NOTE D -- EQUIPMENT LEASE - SUBSEQUENT EVENT
In November 1998, the Company entered into a financing agreement to lease
approximately $1,091,000 of machinery and equipment. The lease has a term of
three years and requires monthly payments of $34,024. The Company has the option
to purchase the machinery and equipment at the end of the lease for $1.
NOTE E -- SMT UNLIMITED AND LIGHTING COMPONENTS
The Company has amounts due from SMT Unlimited and Lighting Components of
$4,442,792 and $676,288 respectively, at October 31, 1998. The Company has an
equity interest of 42.5% and 12% in SMT Unlimited and Lighting Components,
respectively.
At April 30, 1998 the Company recorded a write down of $360,000 related to the
investment in Lighting Components. To date the Company has not recorded any
additional losses on the past due amounts owed by Lighting Components.

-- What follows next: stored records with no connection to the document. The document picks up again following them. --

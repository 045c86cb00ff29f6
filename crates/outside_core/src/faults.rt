ghost use Rattle.std.specs.Prelude.{◌≡◌, ◌≤◌, Ok, is_ok, IfOk};
ghost use Rattle.outside_core.specs.Counts.{count_end, one_more, count_after};

use crate::failed::Failed;
use std::marker::Model;

/// How many calls failed. Contracts see it as the number, which stands still at 2^64 - 1.
#[derive(Drop)]
pub(crate) struct Faults {
    count: u64,
}

impl Model for Faults {
    ghost use Rattle.std.specs.Prelude.{ℕ};

    ghost Value = { ℕ };

    ghost view = { λ faults. faults.count };
}

impl Faults {
    /// No call failed.
    pub(crate) fn new() -> Faults
        ensures { result ≡ 0 }
    {
        Faults { count: 0 }
    }

    /// The number.
    pub(crate) fn count(&self) -> u64
        ensures { result ≡ self.now }
    {
        self.count
    }

    /// Counts one more fault.
    pub(crate) fn refuse(&mut self) -> Failed
        ensures after { self.new ≡ one_more self.old }
        ensures bounded { self.new ≤ count_end }
    {
        self.count = self.count.saturating_add(1);
        Failed
    }

    /// The answer of a call, counted where the call failed.
    pub(crate) fn counted<T, E: Drop>(&mut self, answer: Result<T, E>) -> Result<T, Failed>
        ensures ok { IfOk result (λ x. answer ≡ Ok x) }
        ensures same { is_ok result ≡ is_ok answer }
        ensures after { self.new ≡ count_after result self.old }
        ensures bounded { self.new ≤ count_end }
    {
        self.count = self.count.saturating_add(u64::from(answer.is_err()));
        answer.ok().ok_or(Failed)
    }
}
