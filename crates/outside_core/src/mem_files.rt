ghost use Rattle.std.specs.Prelude.{◌≡◌, if◌then◌else◌, [], ◌++◌, ◌<◌, ◌≤◌, ◌&&◌, true, not, min, length, take, drop, None, is_ok, is_some, is_none, unwrap_or, IsTrue, IfOk, OnErr, position};
ghost use Rattle.outside_core.specs.Counts.{count_end, count_if};
ghost use Rattle.outside_core.specs.Schedule.{schedule, is_refused, after_call};
ghost use Rattle.outside_core.specs.States.{content_of, named, is_called};

use crate::calls::Calls;
use crate::copy::copy_from;
use crate::failed::Failed;
use crate::files::Files;
use std::marker::Model;

/// Files in memory, which tell all and fail where they are told to.
#[derive(Drop)]
pub struct MemFiles {
    files: Vec<(String, Vec<u8>)>,
    calls: Calls,
    absent_opens: u64,
    place: Option<Place>,
}

/// How far the open file was read: its number among the files, and the place of its next byte.
#[derive(Clone, Copy)]
struct Place {
    file: usize,
    at: usize,
}

impl Model for MemFiles {
    ghost use Rattle.std.specs.Prelude.{◌<◌, ◌≤◌, drop, length, vec_len};
    ghost use Rattle.std.specs.Option.{option_map, ForSome};
    ghost use Rattle.outside_core.specs.States.{MemFilesState, named, bytes_of};

    ghost Value = { MemFilesState };

    ghost view = { λ m. record {
      files = named m.files.items;
      calls = m.calls;
      absent_opens = m.absent_opens;
      left = option_map (λ place. drop place.at (bytes_of m.files.items place.file)) m.place;
    } };

    ghost invariant = { λ m. ForSome m.place (λ place.
        (place.file < vec_len m.files) × (place.at ≤ length (bytes_of m.files.items place.file))) };
}

impl MemFiles {
    /// Files of these names and bytes, of which none is open. Where a name stands twice, the
    /// bytes beside the first of them are its own. The calls with a number in `fails` fail; an open and a read are calls, and the
    /// first has number 0.
    pub fn new(files: Vec<(String, Vec<u8>)>, fails: Vec<u64>) -> MemFiles
        ensures { result ≡ record {
          files = named files.items;
          calls = schedule fails.items;
          absent_opens = 0;
          left = None;
        } }
    {
        MemFiles {
            files,
            calls: Calls::new(fails),
            absent_opens: 0,
            place: None,
        }
    }

    /// How many calls failed.
    pub fn faults(&self) -> u64
        ensures { result ≡ self.now.calls.faults }
    {
        self.calls.faults()
    }

    /// How many times an absent name was to be opened.
    pub fn absent_opens(&self) -> u64
        ensures { result ≡ self.now.absent_opens }
    {
        self.absent_opens
    }
}

impl Files for MemFiles {
    ghost faults = { λ m. m.calls.faults };

    ghost is_open = { λ m. is_some m.left };

    ghost tells = { true };

    ghost content = { λ m. content_of m.files };

    ghost left = { λ m. unwrap_or m.left [] };

    ghost absent_opens = { λ m. m.absent_opens };

    /// Opens the first file of this name, unless there is none or the call is to fail. An absent
    /// name is counted in both cases.
    #[tactic(auto, using(crate::proofs::Names::content_of_position))]
    fn open_file(&mut self, name: &str) -> Result<(), Failed>
        ensures answer { is_ok result
            ≡ (not (is_refused self.old.calls) && is_some (content_of self.old.files name.now)) }
        ensures left { self.new.left
            ≡ (if is_ok result then content_of self.old.files name.now else None) }
        ensures calls { self.new.calls ≡ after_call self.old.calls (is_ok result) }
        ensures bounded { self.new.calls.faults ≤ count_end }
        ensures absent { self.new.absent_opens
            ≡ count_if (is_none (content_of self.old.files name.now)) self.old.absent_opens }
        ensures absent_bounded { self.new.absent_opens ≤ count_end }
        ensures files { self.new.files ≡ self.old.files }
    {
        self.place = None;
        let number = number_of(&self.files, name);
        if number.is_none() {
            self.absent_opens = self.absent_opens.saturating_add(1);
        }
        self.calls.make()?;
        let Some(file) = number else {
            return Err(self.calls.refuse());
        };
        self.place = Some(Place { file, at: 0 });
        Ok(())
    }

    /// Gives as many bytes as there are and as there is room for, unless the call is to fail.
    fn read(&mut self, into: &mut [u8]) -> Result<usize, Failed>
        requires { IsTrue (is_some self.old.left) }
        ensures answer { is_ok result ≡ not (is_refused self.old.calls) }
        ensures count { IfOk result (λ n.
            n ≡ min (length into.old) (length (unwrap_or self.old.left []))) }
        ensures within { IfOk result (λ n. n ≤ length into.new) }
        ensures given { IfOk result (λ n.
            unwrap_or self.old.left [] ≡ take n into.new ++ unwrap_or self.new.left []) }
        ensures behind { IfOk result (λ n. drop n into.new ≡ drop n into.old) }
        ensures failed { OnErr result ((self.new.left ≡ self.old.left) × (into.new ≡ into.old)) }
        ensures stays_open { IsTrue (is_some self.new.left) }
        ensures calls { self.new.calls ≡ after_call self.old.calls (is_ok result) }
        ensures bounded { self.new.calls.faults ≤ count_end }
        ensures absent { self.new.absent_opens ≡ self.old.absent_opens }
        ensures files { self.new.files ≡ self.old.files }
    {
        let place = self.place.unwrap();
        self.calls.make()?;
        let room = into.len();
        let (_, bytes) = &self.files[place.file];
        let count = copy_from(bytes, place.at, room, into);
        self.place = Some(Place {
            file: place.file,
            at: place.at + count,
        });
        Ok(count)
    }
}

/// The number of the first file with this name.
fn number_of(files: &[(String, Vec<u8>)], name: &str) -> Option<usize>
    ensures { result ≡ position (is_called name.now) files.now }
{
    files.iter().position(|(called, _)| called.as_str() == name)
}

Management does not believe any additional losses should be recorded at October
31, 1998. However, if Lighting Components fails to make progress and management
believes the past due amounts are not recoverable at the end of fiscal year 1999
the Company may recognize additional losses.

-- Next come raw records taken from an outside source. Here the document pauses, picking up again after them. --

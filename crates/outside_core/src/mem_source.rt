ghost use Rattle.std.specs.Prelude.{◌≡◌, [], ◌++◌, ◌<◌, ◌≤◌, ◌↔◌, true, min, not, length, take, drop, is_ok, IfOk, OnErr};
ghost use Rattle.outside_core.specs.Counts.{count_end};
ghost use Rattle.outside_core.specs.Schedule.{schedule, is_refused, after_call};

use crate::calls::Calls;
use crate::copy::copy_from;
use crate::failed::Failed;
use crate::source::Source;
use std::marker::Model;

/// A source in memory, which gives at most so many bytes a read.
#[derive(Drop)]
pub struct MemSource {
    bytes: Vec<u8>,
    at: usize,
    piece: usize,
    calls: Calls,
}

impl Model for MemSource {
    ghost use Rattle.std.specs.Prelude.{◌<◌, ◌≤◌, drop, vec_len};
    ghost use Rattle.outside_core.specs.States.{MemSourceState};

    ghost Value = { MemSourceState };

    ghost view = { λ source. record {
      left = drop source.at source.bytes.items;
      piece = source.piece;
      calls = source.calls;
    } };

    ghost invariant = { λ source. (source.at ≤ vec_len source.bytes) × (0 < source.piece) };
}

impl MemSource {
    /// A source that gives these bytes, at most `piece` of them a read. The reads with a number in
    /// `fails` fail, and the first has number 0.
    pub fn new(bytes: Vec<u8>, piece: usize, fails: Vec<u64>) -> MemSource
        requires { 0 < piece }
        ensures { result
            ≡ record { left = bytes.items; piece = piece; calls = schedule fails.items } }
    {
        MemSource {
            bytes,
            at: 0,
            piece,
            calls: Calls::new(fails),
        }
    }

    /// The bytes that are left.
    pub fn left(&self) -> &[u8]
        ensures { result.now ≡ self.now.left }
    {
        &self.bytes[self.at..]
    }

    /// How many reads failed.
    pub fn faults(&self) -> u64
        ensures { result ≡ self.now.calls.faults }
    {
        self.calls.faults()
    }
}

impl Source for MemSource {
    ghost faults = { λ source. source.calls.faults };

    ghost tells = { true };

    ghost left = { λ source. source.left };

    /// Gives as many bytes as there are and as there is room for but at most a piece, unless the
    /// call is to fail.
    fn read(&mut self, into: &mut [u8]) -> Result<usize, Failed>
        ensures answer { is_ok result ≡ not (is_refused self.old.calls) }
        ensures count { IfOk result (λ n.
            n ≡ min self.old.piece (min (length into.old) (length self.old.left))) }
        ensures within { IfOk result (λ n. n ≤ length into.new) }
        ensures given { IfOk result (λ n. self.old.left ≡ take n into.new ++ self.new.left) }
        ensures behind { IfOk result (λ n. drop n into.new ≡ drop n into.old) }
        ensures end { IfOk result (λ n. 0 < length into.old → ((n ≡ 0) ↔ (self.old.left ≡ []))) }
        ensures failed { OnErr result ((self.new.left ≡ self.old.left) × (into.new ≡ into.old)) }
        ensures calls { self.new.calls ≡ after_call self.old.calls (is_ok result) }
        ensures bounded { self.new.calls.faults ≤ count_end }
        ensures piece { self.new.piece ≡ self.old.piece }
    {
        self.calls.make()?;
        let count = copy_from(&self.bytes, self.at, self.piece, into);
        self.at += count;
        Ok(count)
    }
}
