ghost use Rattle.std.specs.Prelude.{◌≡◌, [], ◌++◌, ◌<◌, ◌≤◌, true, min, length, take, drop, Some, None, is_some, unwrap_or, IsTrue, IsOk, IfOk};

use crate::copy::copy_from;
use crate::failed::Failed;
use crate::files::Files;
use std::marker::Model;

/// Files in memory that never fail: every name opens the same bytes.
#[derive(Drop)]
pub struct CalmFiles {
    bytes: Vec<u8>,
    at: Option<usize>,
}

impl Model for CalmFiles {
    ghost use Rattle.std.specs.Prelude.{◌≤◌, drop, vec_len};
    ghost use Rattle.std.specs.Option.{option_map, ForSome};
    ghost use Rattle.outside_core.specs.States.{CalmFilesState};

    ghost Value = { CalmFilesState };

    ghost view = { λ files. record {
      bytes = files.bytes.items;
      left = option_map (λ at. drop at files.bytes.items) files.at;
    } };

    ghost invariant = { λ files. ForSome files.at (λ at. at ≤ vec_len files.bytes) };
}

impl CalmFiles {
    /// Files that all have these bytes. None is open.
    pub fn new(bytes: Vec<u8>) -> CalmFiles
        ensures { result ≡ record { bytes = bytes.items; left = None } }
    {
        CalmFiles { bytes, at: None }
    }
}

impl Files for CalmFiles {
    ghost faults = { λ _. 0 };

    ghost is_open = { λ files. is_some files.left };

    ghost tells = { true };

    ghost content = { λ files name. Some files.bytes };

    ghost left = { λ files. unwrap_or files.left [] };

    fn open_file(&mut self, _name: &str) -> Result<(), Failed>
        ensures answer { IsOk result }
        ensures after { self.new ≡ record self.old { left = Some self.old.bytes } }
    {
        self.at = Some(0);
        Ok(())
    }

    /// Gives as many bytes as there are and as there is room for.
    fn read(&mut self, into: &mut [u8]) -> Result<usize, Failed>
        requires { IsTrue (is_some self.old.left) }
        ensures answer { IsOk result }
        ensures count { IfOk result (λ n.
            n ≡ min (length into.old) (length (unwrap_or self.old.left []))) }
        ensures within { IfOk result (λ n. n ≤ length into.new) }
        ensures given { IfOk result (λ n.
            unwrap_or self.old.left [] ≡ take n into.new ++ unwrap_or self.new.left []) }
        ensures behind { IfOk result (λ n. drop n into.new ≡ drop n into.old) }
        ensures stays_open { IsTrue (is_some self.new.left) }
        ensures bytes { self.new.bytes ≡ self.old.bytes }
    {
        let at = self.at.unwrap();
        let room = into.len();
        let count = copy_from(&self.bytes, at, room, into);
        self.at = Some(at + count);
        Ok(count)
    }
}
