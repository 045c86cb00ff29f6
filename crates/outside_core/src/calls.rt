ghost use Rattle.std.specs.Prelude.{◌≡◌, ◌≤◌, is_ok, not};
ghost use Rattle.outside_core.specs.Schedule.{schedule, is_refused, after_call};
ghost use Rattle.outside_core.specs.Counts.{count_end, one_more};

use crate::failed::Failed;
use crate::faults::Faults;
use std::marker::Model;

/// The calls of an object in memory: their numbers, those that are to fail, and how many failed.
#[derive(Drop)]
pub(crate) struct Calls {
    fails: Vec<u64>,
    next: u64,
    faults: Faults,
}

impl Model for Calls {
    ghost use Rattle.outside_core.specs.Schedule.{Schedule};

    ghost Value = { Schedule };

    ghost view = { λ calls. record {
      fails = calls.fails.items;
      next = calls.next;
      faults = calls.faults;
    } };
}

impl Calls {
    /// No call was made. Those with a number in the list are to fail; the first has number 0.
    pub(crate) fn new(fails: Vec<u64>) -> Calls
        ensures { result ≡ schedule fails.items }
    {
        Calls {
            fails,
            next: 0,
            faults: Faults::new(),
        }
    }

    /// Makes the next call, unless it is to fail.
    pub(crate) fn make(&mut self) -> Result<(), Failed>
        ensures answer { is_ok result ≡ not (is_refused self.old) }
        ensures after { self.new ≡ after_call self.old (is_ok result) }
        ensures bounded { self.new.faults ≤ count_end }
    {
        let is_refused = self.fails.contains(&self.next);
        self.next = self.next.saturating_add(1);
        self.faults
            .counted(if is_refused { Err(Failed) } else { Ok(()) })
    }

    /// Counts one more fault.
    pub(crate) fn refuse(&mut self) -> Failed
        ensures after { self.new ≡ record self.old { faults = one_more self.old.faults } }
        ensures bounded { self.new.faults ≤ count_end }
    {
        self.faults.refuse()
    }

    /// How many calls failed.
    pub(crate) fn faults(&self) -> u64
        ensures { result ≡ self.now.faults }
    {
        self.faults.count()
    }
}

While management of SMT Unlimited expects sales to increase in fiscal 1999 and
also expects these sales will lead to overall profitability, it is possible
management's efforts will not be successful. At fiscal year end, April 30, 1999
the Company will review SMT Unlimited's progress and determine if the amounts
past due are recoverable.
NOTE 5 -- EARNINGS PER SHARE
In 1997, the Financial Accounting Standards Board issued Statement of Financial
Accounting Standards No. 128, Earnings per Share. Statement 128 replaced the
previously reported primary and fully diluted earnings per share with basic and
diluted earnings per share. Unlike primary earnings per share, basic earnings
per share excludes any dilutive effects of options, warrants, and convertible
securities. Diluted earnings per share is very similar to the previously
reported fully diluted earnings per share. All earnings per share amounts for
all
7
<PAGE> 8
MANAGEMENT'S DISCUSSION AND ANALYSIS OF FINANCIAL
CONDITION AND RESULTS OF OPERATIONS
periods have been presented, and where necessary, restated to conform to the
Statement 128 requirements.
NOTE: To the extent any statements in this quarterly report may be deemed to be
forward looking, such statements should be evaluated in the context of the risks
and uncertainties inherent in the Company's business, including the extent of
the damage to the Company's facilities in Texas and Mexico, the timing and cost
of repairs to the damaged facilities, the receipt of adequate insurance
coverage, and the availability and utilization of sufficient production
alternatives, occasioned by the flood at the Company's Acuna, Mexico location;
the Company's continuing dependence on certain major customers; the availability
and cost of components; the anticipated seasonality of its business; the timing
and rescheduling of customer orders for SigmaTron International, Inc. and SMT
Unlimited and other risks and uncertainties set forth in the Company's periodic
reports filed with the Securities and Exchange Commission.
RESULTS OF OPERATIONS:
Net sales decreased for the three month period ended October 31, 1998 to
$23,036,784 from $25,746,874 for the three month period ended October 31, 1997.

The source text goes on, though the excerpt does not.